Task instructions:
Return each line of the entries that holds the string "frame".

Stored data
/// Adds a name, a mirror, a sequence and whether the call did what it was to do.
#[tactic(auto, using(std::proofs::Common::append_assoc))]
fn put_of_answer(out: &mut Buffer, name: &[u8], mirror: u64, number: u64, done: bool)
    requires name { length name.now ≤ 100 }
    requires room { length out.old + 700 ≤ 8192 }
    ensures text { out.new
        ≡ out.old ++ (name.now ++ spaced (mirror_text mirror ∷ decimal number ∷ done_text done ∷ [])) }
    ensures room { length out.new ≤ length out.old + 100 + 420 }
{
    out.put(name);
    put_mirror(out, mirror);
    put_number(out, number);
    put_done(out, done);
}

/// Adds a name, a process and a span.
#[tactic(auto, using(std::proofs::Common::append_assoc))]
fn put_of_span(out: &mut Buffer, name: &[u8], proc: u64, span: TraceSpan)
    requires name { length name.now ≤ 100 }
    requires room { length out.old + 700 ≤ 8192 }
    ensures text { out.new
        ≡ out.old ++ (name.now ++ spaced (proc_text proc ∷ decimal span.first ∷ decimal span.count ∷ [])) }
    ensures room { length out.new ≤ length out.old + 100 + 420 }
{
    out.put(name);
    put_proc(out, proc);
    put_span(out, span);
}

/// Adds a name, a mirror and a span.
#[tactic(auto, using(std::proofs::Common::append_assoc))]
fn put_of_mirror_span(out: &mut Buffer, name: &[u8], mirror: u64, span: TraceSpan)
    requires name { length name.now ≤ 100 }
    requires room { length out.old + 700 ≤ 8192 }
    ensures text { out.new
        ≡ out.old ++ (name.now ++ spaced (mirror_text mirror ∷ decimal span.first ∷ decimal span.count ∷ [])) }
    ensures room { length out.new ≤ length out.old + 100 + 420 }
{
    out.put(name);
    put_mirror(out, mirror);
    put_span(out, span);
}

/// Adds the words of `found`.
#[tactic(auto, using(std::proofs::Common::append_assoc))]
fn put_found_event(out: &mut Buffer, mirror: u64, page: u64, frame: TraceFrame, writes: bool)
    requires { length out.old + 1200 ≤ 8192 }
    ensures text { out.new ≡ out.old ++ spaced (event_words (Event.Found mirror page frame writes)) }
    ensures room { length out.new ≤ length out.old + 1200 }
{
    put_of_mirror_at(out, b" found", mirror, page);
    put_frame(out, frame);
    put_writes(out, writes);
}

---

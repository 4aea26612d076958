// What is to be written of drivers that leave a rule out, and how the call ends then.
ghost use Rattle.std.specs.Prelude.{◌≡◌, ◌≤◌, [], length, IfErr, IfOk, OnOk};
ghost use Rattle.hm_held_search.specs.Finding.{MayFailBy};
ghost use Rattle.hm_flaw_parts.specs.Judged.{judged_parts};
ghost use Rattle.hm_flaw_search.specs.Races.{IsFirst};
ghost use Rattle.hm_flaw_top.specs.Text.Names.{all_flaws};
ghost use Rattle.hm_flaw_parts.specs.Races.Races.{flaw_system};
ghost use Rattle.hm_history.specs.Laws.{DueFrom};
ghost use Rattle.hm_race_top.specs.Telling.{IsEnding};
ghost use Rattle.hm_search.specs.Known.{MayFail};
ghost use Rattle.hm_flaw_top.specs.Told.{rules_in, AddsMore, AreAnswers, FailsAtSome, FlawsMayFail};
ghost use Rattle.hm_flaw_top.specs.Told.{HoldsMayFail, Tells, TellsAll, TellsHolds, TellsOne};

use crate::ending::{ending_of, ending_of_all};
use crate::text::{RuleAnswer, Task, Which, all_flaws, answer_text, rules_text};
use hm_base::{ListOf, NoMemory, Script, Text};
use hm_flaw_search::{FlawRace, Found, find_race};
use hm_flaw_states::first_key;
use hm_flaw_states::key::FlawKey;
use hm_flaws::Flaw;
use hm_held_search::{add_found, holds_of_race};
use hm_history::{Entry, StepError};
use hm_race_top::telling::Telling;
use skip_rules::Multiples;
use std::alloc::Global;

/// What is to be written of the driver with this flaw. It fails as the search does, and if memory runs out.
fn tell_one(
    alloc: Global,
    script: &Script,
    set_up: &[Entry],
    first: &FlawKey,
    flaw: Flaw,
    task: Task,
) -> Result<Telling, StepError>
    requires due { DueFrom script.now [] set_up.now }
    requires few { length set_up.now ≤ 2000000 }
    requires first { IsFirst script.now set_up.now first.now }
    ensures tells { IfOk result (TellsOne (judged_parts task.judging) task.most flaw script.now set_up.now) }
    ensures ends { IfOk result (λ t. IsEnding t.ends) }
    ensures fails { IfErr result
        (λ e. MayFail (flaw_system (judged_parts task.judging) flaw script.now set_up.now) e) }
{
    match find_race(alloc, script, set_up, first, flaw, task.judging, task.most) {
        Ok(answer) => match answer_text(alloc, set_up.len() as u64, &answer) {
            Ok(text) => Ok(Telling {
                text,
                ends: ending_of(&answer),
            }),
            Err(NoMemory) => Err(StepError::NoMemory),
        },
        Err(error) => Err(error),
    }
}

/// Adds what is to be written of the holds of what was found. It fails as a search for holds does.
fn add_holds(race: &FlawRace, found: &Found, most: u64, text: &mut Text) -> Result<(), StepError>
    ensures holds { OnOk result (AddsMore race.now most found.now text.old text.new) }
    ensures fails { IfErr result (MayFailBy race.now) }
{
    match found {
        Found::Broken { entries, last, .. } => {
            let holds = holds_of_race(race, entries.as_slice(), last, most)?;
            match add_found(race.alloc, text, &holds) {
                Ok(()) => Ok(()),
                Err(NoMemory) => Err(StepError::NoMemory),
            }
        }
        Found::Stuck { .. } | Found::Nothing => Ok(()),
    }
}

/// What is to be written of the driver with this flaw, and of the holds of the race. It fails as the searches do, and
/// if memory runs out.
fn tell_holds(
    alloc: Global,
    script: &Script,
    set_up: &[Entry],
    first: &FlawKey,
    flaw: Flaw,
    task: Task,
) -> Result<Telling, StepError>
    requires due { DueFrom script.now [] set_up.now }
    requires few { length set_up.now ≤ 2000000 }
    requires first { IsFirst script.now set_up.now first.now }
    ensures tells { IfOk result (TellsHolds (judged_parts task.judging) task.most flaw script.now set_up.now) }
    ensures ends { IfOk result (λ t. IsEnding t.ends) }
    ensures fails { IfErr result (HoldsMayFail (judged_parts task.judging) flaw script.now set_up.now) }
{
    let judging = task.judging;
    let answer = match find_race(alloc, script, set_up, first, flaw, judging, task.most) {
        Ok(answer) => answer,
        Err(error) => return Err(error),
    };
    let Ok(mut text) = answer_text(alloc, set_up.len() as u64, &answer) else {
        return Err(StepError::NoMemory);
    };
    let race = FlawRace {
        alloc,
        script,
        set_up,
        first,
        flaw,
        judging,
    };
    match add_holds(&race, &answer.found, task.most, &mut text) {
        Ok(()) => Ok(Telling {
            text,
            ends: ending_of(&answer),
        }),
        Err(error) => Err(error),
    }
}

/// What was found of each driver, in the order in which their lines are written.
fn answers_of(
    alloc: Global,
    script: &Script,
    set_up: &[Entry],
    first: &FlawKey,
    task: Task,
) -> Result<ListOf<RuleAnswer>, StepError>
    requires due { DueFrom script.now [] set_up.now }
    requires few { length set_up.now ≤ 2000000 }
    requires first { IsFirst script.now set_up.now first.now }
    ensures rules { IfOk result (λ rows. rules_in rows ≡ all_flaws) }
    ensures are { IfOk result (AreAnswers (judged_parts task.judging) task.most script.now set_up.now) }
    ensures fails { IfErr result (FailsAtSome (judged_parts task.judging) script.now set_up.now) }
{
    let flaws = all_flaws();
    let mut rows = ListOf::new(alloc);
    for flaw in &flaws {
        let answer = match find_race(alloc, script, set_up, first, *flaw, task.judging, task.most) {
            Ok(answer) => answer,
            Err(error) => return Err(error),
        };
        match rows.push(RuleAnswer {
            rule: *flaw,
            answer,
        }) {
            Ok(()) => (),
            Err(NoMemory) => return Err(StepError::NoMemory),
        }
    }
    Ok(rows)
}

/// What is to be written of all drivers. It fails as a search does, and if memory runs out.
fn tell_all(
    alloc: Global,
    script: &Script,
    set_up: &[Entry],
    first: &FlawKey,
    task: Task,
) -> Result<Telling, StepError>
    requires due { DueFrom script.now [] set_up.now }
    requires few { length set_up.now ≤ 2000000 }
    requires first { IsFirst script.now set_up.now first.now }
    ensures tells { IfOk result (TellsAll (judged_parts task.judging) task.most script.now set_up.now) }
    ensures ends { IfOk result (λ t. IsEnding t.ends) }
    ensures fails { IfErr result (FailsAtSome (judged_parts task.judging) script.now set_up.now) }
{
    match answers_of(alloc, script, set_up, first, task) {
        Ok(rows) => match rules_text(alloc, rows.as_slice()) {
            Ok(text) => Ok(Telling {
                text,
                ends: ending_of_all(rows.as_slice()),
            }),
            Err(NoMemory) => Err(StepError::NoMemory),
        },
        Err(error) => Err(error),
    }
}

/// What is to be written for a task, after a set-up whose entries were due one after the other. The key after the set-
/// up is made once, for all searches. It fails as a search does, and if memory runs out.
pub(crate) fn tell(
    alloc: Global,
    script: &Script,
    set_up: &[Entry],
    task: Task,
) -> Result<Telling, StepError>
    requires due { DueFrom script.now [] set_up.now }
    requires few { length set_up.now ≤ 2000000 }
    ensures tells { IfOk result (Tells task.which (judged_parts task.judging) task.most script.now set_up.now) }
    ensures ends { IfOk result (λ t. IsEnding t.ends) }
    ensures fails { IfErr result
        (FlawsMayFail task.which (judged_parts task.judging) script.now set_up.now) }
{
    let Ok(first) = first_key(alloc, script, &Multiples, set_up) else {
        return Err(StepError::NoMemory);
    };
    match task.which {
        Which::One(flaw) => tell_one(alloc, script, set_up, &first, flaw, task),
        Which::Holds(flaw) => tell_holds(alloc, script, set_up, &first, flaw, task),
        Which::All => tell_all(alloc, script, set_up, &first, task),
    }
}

Problem solution:
fn put_found_event(out: &mut Buffer, mirror: u64, page: u64, frame: TraceFrame, writes: bool)
    ensures text { out.new ≡ out.old ++ spaced (event_words (Event.Found mirror page frame writes)) }
    put_frame(out, frame);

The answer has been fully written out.